We can see that the relationship feature is actually the most important, followed by the age feature. Since SHAP values have guaranteed consistency we don't need to worry about the kinds of contradictions we found before using the gain, or split count methods. However, since we now have individualized explanations for every person, we can do more than just make a bar chart. We can plot the feature importance for every customer in our data set. The shap Python package makes this easy. We first call shap.TreeExplainer(model).shap_values(X) to explain every prediction, then call shap.summary_plot(shap_values, X) to plot these explanations:

Every customer has one dot on each row. The x position of the dot is the impact of that feature on the model's prediction for the customer, and the color of the dot represents the value of that feature for the customer. Dots that don't fit on the row pile up to show density (there are 32,561 customers in this example). Since the XGBoost model has a logistic loss the x-axis has units of log-odds (Tree SHAP explains the change in the margin output of the model).

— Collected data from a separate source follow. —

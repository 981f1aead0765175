// Fronts of a circuit beside itself, and patterns.
use rst_gate::{Bits, Cube, Pattern};
use rst_outside::NoMemory;
use rst_pair::{Front, Hop};
use rst_value::Tern;
use std::alloc::Global;

// A hop of this cube: without a next one its input is 0, and else 1.
fn hop(alloc: Global, cube: &[Tern], next: Option<u32>) -> Result<Hop, NoMemory> {
    let cube = Cube::from_slice(alloc, cube)?;
    let input = Bits::from_slice(alloc, &[next.is_some()])?;
    Ok(Hop { cube, input, next })
}

// A front of one input with so many registers, none of them marked.
fn front(alloc: Global, registers: usize, blocked: Vec<Hop>) -> Result<Front, NoMemory> {
    let equal = Bits::from_vec(vec![in alloc; false; registers]?);
    Ok(Front {
        equal,
        blocked,
        freed: Vec::new(alloc),
    })
}

/// The front of the toggle: pairs that differ are told apart by their outputs.
pub(crate) fn of_toggle(alloc: Global) -> Result<Front, NoMemory> {
    let mut blocked = Vec::new(alloc);
    blocked.push(hop(alloc, &[Tern::One, Tern::Zero], None)?)?;
    blocked.push(hop(alloc, &[Tern::Zero, Tern::One], None)?)?;
    front(alloc, 1, blocked)
}

/// The front of the chain: pairs that differ in the first register are told apart by their outputs,
/// and those that differ in the second are led there.
pub(crate) fn of_chain(alloc: Global) -> Result<Front, NoMemory> {
    let x = Tern::Unknown;
    let zero = Tern::Zero;
    let one = Tern::One;
    let mut blocked = Vec::new(alloc);
    blocked.push(hop(alloc, &[zero, x, one, x], None)?)?;
    blocked.push(hop(alloc, &[one, x, zero, x], None)?)?;
    blocked.push(hop(alloc, &[x, zero, x, one], Some(0))?)?;
    blocked.push(hop(alloc, &[x, one, x, zero], Some(1))?)?;
    front(alloc, 2, blocked)
}

/// The pattern whose one input has these places, cycle by cycle.
pub(crate) fn pattern(alloc: Global, places: &[Tern]) -> Result<Pattern, NoMemory> {
    let mut pattern = Pattern::new(alloc);
    for place in places {
        pattern.push(Cube::from_slice(alloc, &[*place])?)?;
    }
    Ok(pattern)
}
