// The words of hops.
use rst_gate::Sequence;
use rst_outside::NoMemory;
use rst_pair::{Front, Pair, Query};
use rst_pose::is_posable;
use rst_replay::hop_word;
use std::alloc::Global;

/// The word of a blocked hop; none where the front doesn't fit the pair, or has no such hop.
pub(crate) fn word_at(
    alloc: Global,
    pair: &Pair,
    front: &Front,
    place: usize,
) -> Result<Option<Sequence>, NoMemory> {
    if !is_posable(pair, front, &Query::Split) || place >= front.blocked.len() {
        return Ok(None);
    }
    let word = hop_word(alloc, front.blocked.as_slice(), place)?;
    Ok(Some(word))
}
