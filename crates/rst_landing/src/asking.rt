ghost use Rattle.std.specs.Prelude.{◌≡◌, IfOk};
ghost use Rattle.rst_pair.specs.declared.query.Query.TheVariants.{Split, LandFree};
ghost use Rattle.rst_pose.specs.Posing.{IsPosable};
ghost use Rattle.rst_pose.specs.Works.{HasNoCase};
ghost use Rattle.rst_landing.specs.Work.{IsLandWork};
ghost use Rattle.rst_landing.specs.Landings.{AreKnownBehind, journal_of, HasRefuted, IsSureInside, HasLanded, HasSpent};
ghost use Rattle.rst_landing.specs.Models.{AnswersLand};

use crate::Landing;
use crate::model::{are_sides, outside};
use crate::paths::conflicts;
use rst_gate::{Cube, Pattern};
use rst_outside::NoMemory;
use rst_pair::{Front, Pair, Query};
use rst_pose::pose;
use rst_solve::{Answer, solve};
use std::alloc::Global;

// The cycles of a pattern once more.
fn copied(alloc: Global, cycles: &[Cube]) -> Result<Pattern, NoMemory>
    ensures { IfOk result (λ it. it ≡ cycles.now) }
{
    let mut pattern = Pattern::new(alloc);
    for cube in cycles {
        pattern.push(Cube::from_slice(alloc, cube.as_slice())?)?;
    }
    Ok(pattern)
}

// Whether some pair lands, as the solver finds it.
fn ask(
    alloc: Global,
    pair: &Pair,
    seq: &Pattern,
    front: &Front,
    left: u32,
) -> Result<Answer, NoMemory>
    requires { IsPosable pair.now front.now (LandFree seq.now) }
    ensures { IfOk result (λ a. AnswersLand pair.now front.now seq.now left a) }
{
    let pattern = copied(alloc, seq.as_slice())?;
    let query = Query::LandFree(pattern);
    let clauses = pose(alloc, pair, front, &query)?;
    solve(alloc, &clauses, left)
}

/// Whether a pattern leads some pair of power-up states into a blocked cube, with at most `left`
/// units of work. Both states take the same filling of the pattern.
///
/// Gates, hops and cycles are within the limits of every call (`posable`). Each marked register is
/// known behind the pattern, from the state of all X and with X at each free bit, and has the same
/// value on both sides (`known`). No pair of the front's relation splits (`split`).
///
/// The journal has a conflict of landing for each path of the search, at most `left`; they are work
/// behind any work of `check` with the front's blocked hops, in which nothing has landed yet
/// (`journal`). Inside has a log that refutes the posed query (`refutes`), and then every pair of
/// power-up states is one of the relation behind every filling (`inside`). Outside names two
/// power-up states, a filling, and the first blocked cube that holds their pair behind it
/// (`outside`). Spent has exactly `left` conflicts (`spent`). The query is asked also where `left`
/// is 0: a pair that is found without a conflict costs nothing. It is refused for want of memory
/// alone.
pub fn lands(
    alloc: Global,
    pair: &Pair,
    seq: &Pattern,
    front: &Front,
    left: u32,
) -> Result<Landing, NoMemory>
    requires posable { IsPosable pair.now front.now (LandFree seq.now) }
    requires known { AreKnownBehind pair.now front.now.equal seq.now }
    requires split { HasNoCase pair.now front.now Split }
    ensures journal { IfOk result (λ a. IsLandWork pair.now front.now seq.now left (journal_of a)) }
    ensures refutes { IfOk result (λ a. HasRefuted pair.now front.now seq.now a) }
    ensures inside { IfOk result (λ a. IsSureInside pair.now front.now seq.now a) }
    ensures outside { IfOk result (λ a. HasLanded pair.now front.now seq.now a) }
    ensures spent { IfOk result (λ a. HasSpent left a) }
{
    are_sides(pair);
    match ask(alloc, pair, seq, front, left)? {
        Answer::Model { bits, paths } => {
            let journal = conflicts(alloc, paths)?;
            outside(alloc, pair, front, seq, bits.as_slice(), journal)
        }
        Answer::Refuted { log, paths } => {
            let journal = conflicts(alloc, paths)?;
            Ok(Landing::Inside { log, journal })
        }
        Answer::Spent { paths } => {
            let journal = conflicts(alloc, paths)?;
            Ok(Landing::Spent { journal })
        }
    }
}
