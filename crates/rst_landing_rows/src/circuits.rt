// Small circuits.
ghost use Rattle.std.specs.Prelude.{◌≡◌, false};

use rst_gate::{Edge, GateBuilder, Gates};
use rst_outside::NoMemory;
use std::alloc::Global;

// The value of a node.
fn plain(node: u32) -> Edge
    ensures { result ≡ record { node = node; inverted = false } }
{
    Edge {
        node,
        inverted: false,
    }
}

/// A register that changes in each cycle unless the input resets it to 0. It is the output.
pub(crate) fn toggle(alloc: Global) -> Result<Gates, NoMemory> {
    let mut builder = GateBuilder::new(alloc, 1, 1)?;
    let opposite = Edge {
        node: 2,
        inverted: true,
    };
    let next = builder.mux(plain(1), plain(0), opposite)?;
    let outs = vec![in alloc; plain(2)]?;
    let nexts = vec![in alloc; next]?;
    builder.finish(outs, nexts)
}

/// Two registers, of which the first takes the second, and the second the input. The first is the
/// output.
pub(crate) fn chain(alloc: Global) -> Result<Gates, NoMemory> {
    let builder = GateBuilder::new(alloc, 1, 2)?;
    let outs = vec![in alloc; plain(2)]?;
    let nexts = vec![in alloc; plain(3), plain(1)]?;
    builder.finish(outs, nexts)
}
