// Patterns of the toggle and of the chain.
use crate::asks::{Told, ask};
use crate::circuits::{chain, toggle};
use crate::fronts::{of_chain, of_toggle, pattern};
use rst_outside::NoMemory;
use rst_value::Tern;
use rst_value::Tern::{One, Unknown, Zero};
use std::alloc::Global;
use std::test::Fail;

fn toggled(alloc: Global, places: &[Tern], left: u32) -> Result<Told, NoMemory> {
    let gates = toggle(alloc)?;
    let front = of_toggle(alloc)?;
    ask(alloc, &gates, &front, pattern(alloc, places)?, left)
}

fn shifted(alloc: Global, places: &[Tern], left: u32) -> Result<Told, NoMemory> {
    let gates = chain(alloc)?;
    let front = of_chain(alloc)?;
    ask(alloc, &gates, &front, pattern(alloc, places)?, left)
}

fn is_inside(told: Told) -> bool {
    matches!(told, Told::Inside(_))
}

// Whether a pair of the toggle lands behind inputs that never reset it, of which there are so many:
// its states differ, and the cube is that of the pair which they then are.
fn lands_unreset(told: Told, odd: bool) -> bool {
    match told {
        Told::Outside(cube, a, b, fill) => {
            let last = a[0] != odd;
            a[0] != b[0] && cube == u32::from(!last) && !fill[0] && !fill[1]
        }
        _ => false,
    }
}

#[test]
fn the_reset_toggle_stays_inside(rt: HostRuntime) -> Result<(), Fail> {
    let alloc = rt.alloc();
    assert!(rt; is_inside(toggled(alloc, &[One], 100)?));
    assert!(rt; is_inside(toggled(alloc, &[Zero, One], 100)?));
    assert!(rt; is_inside(toggled(alloc, &[One, Zero], 100)?));
    Ok(())
}

#[test]
fn the_free_running_toggle_lands(rt: HostRuntime) -> Result<(), Fail> {
    let alloc = rt.alloc();
    assert!(rt; lands_unreset(toggled(alloc, &[], 100)?, false));
    assert!(rt; lands_unreset(toggled(alloc, &[Zero], 100)?, true));
    assert!(rt; lands_unreset(toggled(alloc, &[Zero, Zero], 100)?, false));
    Ok(())
}

// A free bit is filled so that the toggle isn't reset, and where it is reset later no filling lands.
#[test]
fn a_free_bit_is_filled(rt: HostRuntime) -> Result<(), Fail> {
    let alloc = rt.alloc();
    assert!(rt; lands_unreset(toggled(alloc, &[Unknown], 100)?, true));
    assert!(rt; lands_unreset(toggled(alloc, &[Unknown, Unknown], 100)?, false));
    assert!(rt; is_inside(toggled(alloc, &[Unknown, One], 100)?));
    Ok(())
}

// Behind one cycle the first registers are what the second ones were: the pair lies in the cube of
// those that differ there, and in none before it.
#[test]
fn the_chain_lands_behind_one_cycle(rt: HostRuntime) -> Result<(), Fail> {
    let alloc = rt.alloc();
    let landed = match shifted(alloc, &[Zero], 100)? {
        Told::Outside(cube, a, b, fill) => a[1] != b[1] && cube == u32::from(a[1]) && !fill[0],
        _ => false,
    };
    assert!(rt; landed);
    assert!(rt; is_inside(shifted(alloc, &[Zero, Zero], 100)?));
    assert!(rt; is_inside(shifted(alloc, &[Unknown, Unknown], 100)?));
    Ok(())
}

// Without a unit a pair that lands is found, and that none does is not.
#[test]
fn a_budget_of_none(rt: HostRuntime) -> Result<(), Fail> {
    let alloc = rt.alloc();
    assert!(rt; lands_unreset(toggled(alloc, &[Zero], 0)?, true));
    assert!(rt; matches!(toggled(alloc, &[One], 0)?, Told::Spent(0)));
    assert!(rt; matches!(toggled(alloc, &[One], 1)?, Told::Inside(1)));
    Ok(())
}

The features are sorted by mean(|Tree SHAP|) and so we again see the relationship feature as the strongest predictor of making over $50K annually. By plotting the impact of a feature on every sample we can also see important outlier effects. For example, while capital gain is not the most important feature globally, it is by far the most important feature for a subset of customers. The coloring by feature value shows us patterns such as how being younger lowers your chance of making over $50K, while higher education increases your chance of making over $50K.

We could stop here and show this plot to our boss, but let's instead dig a bit deeper into some of these features. We can do that for the age feature by plotting the age SHAP values (changes in log odds) vs. the age feature values:

The y-axis is how much the age feature changes the log odds of making over $50K annually. The x-axis is the age of the customer. Each dot represents a single customer from the data set.

Here we see the clear impact of age on earning potential as captured by the XGBoost model. Note that unlike traditional partial dependence plots (which show the average model output when changing a feature's value) these SHAP dependence plots show interaction effects. Even though many people in the data set are 20 years old, how much their age impacts their prediction differs as shown by the vertical dispersion of dots at age 20. This means other features are impacting the importance of age. To see what feature might be part of this effect we color the dots by the number of years of education and see that a high level of education lowers the effect of age in your 20's, but raises it in your 30's:

The y-axis is how much the age feature changes the log odds of making over $50K annually. The x-axis is the age of the customer. Education-Num is the number of years of education the customer has completed.

If we make another dependence plot for the number of hours worked per week we see that the benefit of working more plateaus at about 50 hrs/week, and working extra is less likely to indicate high earnings if you are married:

Hours worked per week vs. the impact of the number of hours worked on earning potential.

Interpreting your own model

This simple walk-through was meant to mirror the process you might go through when designing and deploying your own models. The shap package is easy to install through pip, and we hope it helps you explore your models with confidence. It includes more than what this article touched on, including SHAP interaction values, model agnostic SHAP value estimation, and additional visualizations. Notebooks are available that illustrate all these features on various interesting datasets. For example you can check out the top reasons you will die based on your health checkup in a notebook explaining an XGBoost model of mortality. For languages other than Python, Tree SHAP has also been merged directly into the core XGBoost and LightGBM packages.